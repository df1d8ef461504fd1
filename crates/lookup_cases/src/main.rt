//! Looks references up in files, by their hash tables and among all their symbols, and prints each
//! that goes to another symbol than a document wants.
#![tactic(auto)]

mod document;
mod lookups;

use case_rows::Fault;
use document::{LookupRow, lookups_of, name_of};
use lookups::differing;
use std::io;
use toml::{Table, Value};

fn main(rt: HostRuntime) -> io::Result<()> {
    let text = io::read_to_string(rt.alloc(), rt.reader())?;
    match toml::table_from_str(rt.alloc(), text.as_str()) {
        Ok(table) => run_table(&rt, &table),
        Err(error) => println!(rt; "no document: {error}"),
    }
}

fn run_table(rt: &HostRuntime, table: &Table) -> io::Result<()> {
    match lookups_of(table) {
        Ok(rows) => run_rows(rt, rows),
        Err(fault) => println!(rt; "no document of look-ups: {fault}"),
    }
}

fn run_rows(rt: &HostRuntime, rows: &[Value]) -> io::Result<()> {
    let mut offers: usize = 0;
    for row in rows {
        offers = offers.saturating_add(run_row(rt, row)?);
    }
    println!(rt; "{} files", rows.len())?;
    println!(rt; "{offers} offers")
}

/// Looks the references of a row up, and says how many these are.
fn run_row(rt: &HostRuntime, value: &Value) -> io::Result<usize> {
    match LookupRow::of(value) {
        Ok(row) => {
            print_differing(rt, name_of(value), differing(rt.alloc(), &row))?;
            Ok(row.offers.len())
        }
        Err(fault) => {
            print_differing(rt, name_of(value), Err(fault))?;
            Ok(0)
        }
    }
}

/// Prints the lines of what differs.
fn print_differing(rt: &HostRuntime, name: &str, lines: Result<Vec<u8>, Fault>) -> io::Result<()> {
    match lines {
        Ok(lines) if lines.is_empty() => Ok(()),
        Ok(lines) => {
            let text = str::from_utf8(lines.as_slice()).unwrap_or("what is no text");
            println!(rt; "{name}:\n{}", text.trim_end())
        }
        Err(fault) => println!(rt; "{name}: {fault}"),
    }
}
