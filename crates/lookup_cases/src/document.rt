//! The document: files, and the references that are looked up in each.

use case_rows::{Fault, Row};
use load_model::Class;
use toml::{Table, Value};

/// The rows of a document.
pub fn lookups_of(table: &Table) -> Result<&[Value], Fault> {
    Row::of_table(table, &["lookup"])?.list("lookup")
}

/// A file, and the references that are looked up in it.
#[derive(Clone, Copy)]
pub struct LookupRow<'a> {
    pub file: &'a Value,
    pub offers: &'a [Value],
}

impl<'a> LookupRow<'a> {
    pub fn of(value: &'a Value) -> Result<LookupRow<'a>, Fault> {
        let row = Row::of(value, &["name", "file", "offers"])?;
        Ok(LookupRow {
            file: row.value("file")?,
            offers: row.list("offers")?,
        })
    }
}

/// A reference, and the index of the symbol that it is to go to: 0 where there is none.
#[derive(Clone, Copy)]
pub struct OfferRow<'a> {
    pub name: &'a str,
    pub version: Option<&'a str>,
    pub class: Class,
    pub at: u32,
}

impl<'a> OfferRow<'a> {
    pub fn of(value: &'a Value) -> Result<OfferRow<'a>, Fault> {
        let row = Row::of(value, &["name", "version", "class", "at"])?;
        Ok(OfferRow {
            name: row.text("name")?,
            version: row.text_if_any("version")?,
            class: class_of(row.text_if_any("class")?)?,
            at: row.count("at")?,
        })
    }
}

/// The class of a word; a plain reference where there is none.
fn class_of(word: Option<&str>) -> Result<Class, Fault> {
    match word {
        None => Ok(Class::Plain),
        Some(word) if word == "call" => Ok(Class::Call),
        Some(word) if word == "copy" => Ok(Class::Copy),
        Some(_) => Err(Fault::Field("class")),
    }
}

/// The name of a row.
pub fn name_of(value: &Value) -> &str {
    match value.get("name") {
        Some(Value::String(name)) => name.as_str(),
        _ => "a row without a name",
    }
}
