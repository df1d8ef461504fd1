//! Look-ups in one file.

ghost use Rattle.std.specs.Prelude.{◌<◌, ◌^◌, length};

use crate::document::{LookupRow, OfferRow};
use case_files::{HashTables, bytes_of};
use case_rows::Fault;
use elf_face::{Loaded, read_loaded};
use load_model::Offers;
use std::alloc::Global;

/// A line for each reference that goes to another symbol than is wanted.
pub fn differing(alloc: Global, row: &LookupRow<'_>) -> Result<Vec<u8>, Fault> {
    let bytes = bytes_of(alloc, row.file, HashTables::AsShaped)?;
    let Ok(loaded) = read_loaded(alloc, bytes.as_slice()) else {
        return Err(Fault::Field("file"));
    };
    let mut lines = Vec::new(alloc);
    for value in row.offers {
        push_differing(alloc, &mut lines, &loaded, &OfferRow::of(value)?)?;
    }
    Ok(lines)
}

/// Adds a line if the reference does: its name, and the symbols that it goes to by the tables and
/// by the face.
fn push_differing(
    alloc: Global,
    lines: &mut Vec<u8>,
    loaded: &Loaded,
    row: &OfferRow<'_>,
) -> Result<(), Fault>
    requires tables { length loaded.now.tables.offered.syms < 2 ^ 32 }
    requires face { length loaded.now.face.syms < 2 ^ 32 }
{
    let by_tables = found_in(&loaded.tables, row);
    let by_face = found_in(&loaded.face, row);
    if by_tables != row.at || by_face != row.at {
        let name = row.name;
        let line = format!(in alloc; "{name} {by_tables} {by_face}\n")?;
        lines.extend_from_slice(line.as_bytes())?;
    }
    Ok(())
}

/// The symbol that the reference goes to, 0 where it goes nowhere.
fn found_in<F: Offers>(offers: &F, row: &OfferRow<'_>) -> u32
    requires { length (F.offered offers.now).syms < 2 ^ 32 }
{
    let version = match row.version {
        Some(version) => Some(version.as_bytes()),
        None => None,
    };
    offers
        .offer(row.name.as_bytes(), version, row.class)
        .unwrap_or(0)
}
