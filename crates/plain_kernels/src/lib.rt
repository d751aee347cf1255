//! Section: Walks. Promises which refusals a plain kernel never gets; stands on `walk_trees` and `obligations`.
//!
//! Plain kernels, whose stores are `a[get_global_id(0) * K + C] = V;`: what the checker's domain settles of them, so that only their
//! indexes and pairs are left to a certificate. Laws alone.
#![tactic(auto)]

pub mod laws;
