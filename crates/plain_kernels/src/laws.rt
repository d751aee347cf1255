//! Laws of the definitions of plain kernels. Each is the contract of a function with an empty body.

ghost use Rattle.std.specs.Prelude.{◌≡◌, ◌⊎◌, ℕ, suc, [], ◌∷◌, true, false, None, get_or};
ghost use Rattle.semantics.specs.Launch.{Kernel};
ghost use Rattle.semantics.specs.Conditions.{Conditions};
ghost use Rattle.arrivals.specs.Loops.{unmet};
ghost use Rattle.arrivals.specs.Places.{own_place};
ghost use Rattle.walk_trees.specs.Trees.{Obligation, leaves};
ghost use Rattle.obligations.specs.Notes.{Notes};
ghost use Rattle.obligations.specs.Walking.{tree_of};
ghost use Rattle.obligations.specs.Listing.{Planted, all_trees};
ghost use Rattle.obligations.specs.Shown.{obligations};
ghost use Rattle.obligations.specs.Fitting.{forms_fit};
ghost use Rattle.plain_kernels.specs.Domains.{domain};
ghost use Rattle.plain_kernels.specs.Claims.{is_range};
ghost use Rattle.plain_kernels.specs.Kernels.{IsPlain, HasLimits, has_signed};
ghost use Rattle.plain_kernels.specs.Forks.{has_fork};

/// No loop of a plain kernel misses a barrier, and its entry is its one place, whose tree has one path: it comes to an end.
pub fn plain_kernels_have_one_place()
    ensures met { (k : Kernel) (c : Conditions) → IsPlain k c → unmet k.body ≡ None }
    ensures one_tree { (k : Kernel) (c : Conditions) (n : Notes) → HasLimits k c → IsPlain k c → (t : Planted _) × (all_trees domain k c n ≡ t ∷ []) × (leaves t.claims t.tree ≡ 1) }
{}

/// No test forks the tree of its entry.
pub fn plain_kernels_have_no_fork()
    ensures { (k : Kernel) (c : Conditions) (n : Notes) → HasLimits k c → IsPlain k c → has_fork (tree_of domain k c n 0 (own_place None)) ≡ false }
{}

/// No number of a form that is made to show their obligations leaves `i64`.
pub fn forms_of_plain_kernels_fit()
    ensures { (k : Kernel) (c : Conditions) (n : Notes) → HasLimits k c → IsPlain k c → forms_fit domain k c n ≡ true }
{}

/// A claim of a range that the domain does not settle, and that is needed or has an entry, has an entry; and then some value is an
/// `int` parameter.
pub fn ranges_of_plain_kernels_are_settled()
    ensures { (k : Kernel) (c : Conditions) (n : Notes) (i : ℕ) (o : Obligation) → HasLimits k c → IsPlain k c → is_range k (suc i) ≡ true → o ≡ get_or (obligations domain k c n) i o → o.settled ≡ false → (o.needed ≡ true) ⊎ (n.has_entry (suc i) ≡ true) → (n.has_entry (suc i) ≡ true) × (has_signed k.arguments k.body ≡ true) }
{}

==

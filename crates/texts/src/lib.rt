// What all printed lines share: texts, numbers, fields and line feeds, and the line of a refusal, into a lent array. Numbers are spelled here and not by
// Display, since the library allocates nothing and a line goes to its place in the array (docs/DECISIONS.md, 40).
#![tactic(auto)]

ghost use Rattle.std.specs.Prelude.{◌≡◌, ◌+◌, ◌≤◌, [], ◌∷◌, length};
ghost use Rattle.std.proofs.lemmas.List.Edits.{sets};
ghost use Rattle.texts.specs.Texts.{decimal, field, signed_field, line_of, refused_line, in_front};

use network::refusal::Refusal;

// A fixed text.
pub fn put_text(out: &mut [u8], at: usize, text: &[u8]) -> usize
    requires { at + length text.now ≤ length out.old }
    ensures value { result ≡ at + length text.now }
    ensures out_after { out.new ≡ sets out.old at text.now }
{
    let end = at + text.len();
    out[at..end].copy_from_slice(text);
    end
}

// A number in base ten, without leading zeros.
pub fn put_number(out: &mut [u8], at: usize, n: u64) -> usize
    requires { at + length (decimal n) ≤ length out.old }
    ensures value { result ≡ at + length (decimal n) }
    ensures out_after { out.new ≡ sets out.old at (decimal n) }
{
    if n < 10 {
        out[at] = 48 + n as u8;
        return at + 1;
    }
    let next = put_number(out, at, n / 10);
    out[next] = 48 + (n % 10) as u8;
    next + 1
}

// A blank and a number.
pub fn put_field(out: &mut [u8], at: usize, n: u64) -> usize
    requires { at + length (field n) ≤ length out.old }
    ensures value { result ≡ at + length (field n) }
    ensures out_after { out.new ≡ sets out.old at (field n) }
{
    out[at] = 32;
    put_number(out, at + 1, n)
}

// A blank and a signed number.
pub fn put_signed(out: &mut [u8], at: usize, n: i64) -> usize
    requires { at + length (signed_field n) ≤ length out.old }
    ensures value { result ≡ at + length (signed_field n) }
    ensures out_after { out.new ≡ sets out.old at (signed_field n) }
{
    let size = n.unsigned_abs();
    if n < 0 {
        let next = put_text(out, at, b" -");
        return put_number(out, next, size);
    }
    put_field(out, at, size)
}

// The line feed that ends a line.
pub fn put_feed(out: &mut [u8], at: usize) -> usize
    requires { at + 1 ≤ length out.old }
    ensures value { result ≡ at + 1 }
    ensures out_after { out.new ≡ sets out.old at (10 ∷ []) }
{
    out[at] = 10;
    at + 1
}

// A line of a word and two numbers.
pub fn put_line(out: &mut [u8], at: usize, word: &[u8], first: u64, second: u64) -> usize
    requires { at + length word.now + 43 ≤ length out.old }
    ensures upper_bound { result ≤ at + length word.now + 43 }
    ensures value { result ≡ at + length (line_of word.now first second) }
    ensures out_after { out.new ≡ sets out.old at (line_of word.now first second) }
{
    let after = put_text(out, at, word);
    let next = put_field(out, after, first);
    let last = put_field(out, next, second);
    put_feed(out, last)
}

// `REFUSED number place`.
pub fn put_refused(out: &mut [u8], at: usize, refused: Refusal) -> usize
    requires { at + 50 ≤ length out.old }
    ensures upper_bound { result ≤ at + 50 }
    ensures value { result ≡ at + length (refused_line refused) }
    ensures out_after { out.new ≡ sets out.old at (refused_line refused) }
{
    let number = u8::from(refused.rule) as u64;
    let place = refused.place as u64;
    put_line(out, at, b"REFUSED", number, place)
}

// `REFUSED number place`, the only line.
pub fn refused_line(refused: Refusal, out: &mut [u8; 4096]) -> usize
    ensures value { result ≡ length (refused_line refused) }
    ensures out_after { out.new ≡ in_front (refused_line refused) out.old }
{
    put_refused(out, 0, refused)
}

How to complete this task >> Reproduce only the lines above spanning from the line containing "Err(error) => println!(rt;" through the line containing "lines: Result<Vec<u8>, Fault>)", word for word.

Exercise answer >>
        Err(error) => println!(rt; "no document: {error}"),
    }
}

fn run_table(rt: &HostRuntime, table: &Table) -> io::Result<()> {
    match lookups_of(table) {
        Ok(rows) => run_rows(rt, rows),
        Err(fault) => println!(rt; "no document of look-ups: {fault}"),
    }
}

fn run_rows(rt: &HostRuntime, rows: &[Value]) -> io::Result<()> {
    let mut offers: usize = 0;
    for row in rows {
        offers = offers.saturating_add(run_row(rt, row)?);
    }
    println!(rt; "{} files", rows.len())?;
    println!(rt; "{offers} offers")
}

/// Looks the references of a row up, and says how many these are.
fn run_row(rt: &HostRuntime, value: &Value) -> io::Result<usize> {
    match LookupRow::of(value) {
        Ok(row) => {
            print_differing(rt, name_of(value), differing(rt.alloc(), &row))?;
            Ok(row.offers.len())
        }
        Err(fault) => {
            print_differing(rt, name_of(value), Err(fault))?;
            Ok(0)
        }
    }
}

/// Prints the lines of what differs.
fn print_differing(rt: &HostRuntime, name: &str, lines: Result<Vec<u8>, Fault>) -> io::Result<()> {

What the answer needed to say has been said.